Your response should be the listing below, repeated exactly and in full.
──────────────────────────────
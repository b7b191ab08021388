//! What is read of a plan's file and a range file.
ghost use Rattle.std.specs.Prelude.{◌≡◌, IfOk, IsErrOf, OnOk};
ghost use Rattle.std.specs.Option.{ForSome};
ghost use Rattle.outside.specs.Causes.{Caused};
ghost use Rattle.plan_answers.specs.Fronts.{AreFronts, IsMissing};

use limits_file::LONGEST_LIMITS;
use outside::{FileAnswer, Files};
use pap_reader::LONGEST_PLAN;
use std::alloc::Global;

/// The bytes of both files, the plan's first, each by one call for one byte more than its limit. The number of calls is in no
/// clause.
pub fn read_both<F: Files>(
    alloc: Global,
    plan: &str,
    limits: &str,
    files: &mut F,
) -> Result<(Vec<u8>, Vec<u8>), FileAnswer>
    ensures read { IfOk result (λ both. ForSome (F.told files.old)
        (λ map. AreFronts map plan.now limits.now both.0.items both.1.items)) }
    ensures same { F.told files.new ≡ F.told files.old }
    ensures cause { Caused FileAnswer.Failed (F.faults files.old) (F.faults files.new) result }
    ensures failed { IsErrOf result FileAnswer.Failed →
        IsMissing (F.told files.old) plan.now limits.now (F.failed files.new) }
    ensures kept { OnOk result (F.failed files.new ≡ F.failed files.old) }
    ensures kept_memory { IsErrOf result FileAnswer.Memory
        → F.failed files.new ≡ F.failed files.old }
{
    let plan_bytes = files.read_front(alloc, plan, LONGEST_PLAN + 1)?;
    let limits_bytes = files.read_front(alloc, limits, LONGEST_LIMITS + 1)?;
    Ok((plan_bytes, limits_bytes))
}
──────────────────────────────
**Answer for this exercise**:
repository b7b191ab08021388
//! What is read of a plan's file and a range file.
ghost use Rattle.std.specs.Prelude.{◌≡◌, IfOk, IsErrOf, OnOk};
ghost use Rattle.std.specs.Option.{ForSome};
ghost use Rattle.outside.specs.Causes.{Caused};
ghost use Rattle.plan_answers.specs.Fronts.{AreFronts, IsMissing};

use limits_file::LONGEST_LIMITS;
use outside::{FileAnswer, Files};
use pap_reader::LONGEST_PLAN;
use std::alloc::Global;

/// The bytes of both files, the plan's first, each by one call for one byte more than its limit. The number of calls is in no
/// clause.
pub fn read_both<F: Files>(
    alloc: Global,
    plan: &str,
    limits: &str,
    files: &mut F,
) -> Result<(Vec<u8>, Vec<u8>), FileAnswer>
    ensures read { IfOk result (λ both. ForSome (F.told files.old)
        (λ map. AreFronts map plan.now limits.now both.0.items both.1.items)) }
    ensures same { F.told files.new ≡ F.told files.old }
    ensures cause { Caused FileAnswer.Failed (F.faults files.old) (F.faults files.new) result }
    ensures failed { IsErrOf result FileAnswer.Failed →
        IsMissing (F.told files.old) plan.now limits.now (F.failed files.new) }
    ensures kept { OnOk result (F.failed files.new ≡ F.failed files.old) }
    ensures kept_memory { IsErrOf result FileAnswer.Memory
        → F.failed files.new ≡ F.failed files.old }
{
    let plan_bytes = files.read_front(alloc, plan, LONGEST_PLAN + 1)?;
    let limits_bytes = files.read_front(alloc, limits, LONGEST_LIMITS + 1)?;
    Ok((plan_bytes, limits_bytes))
}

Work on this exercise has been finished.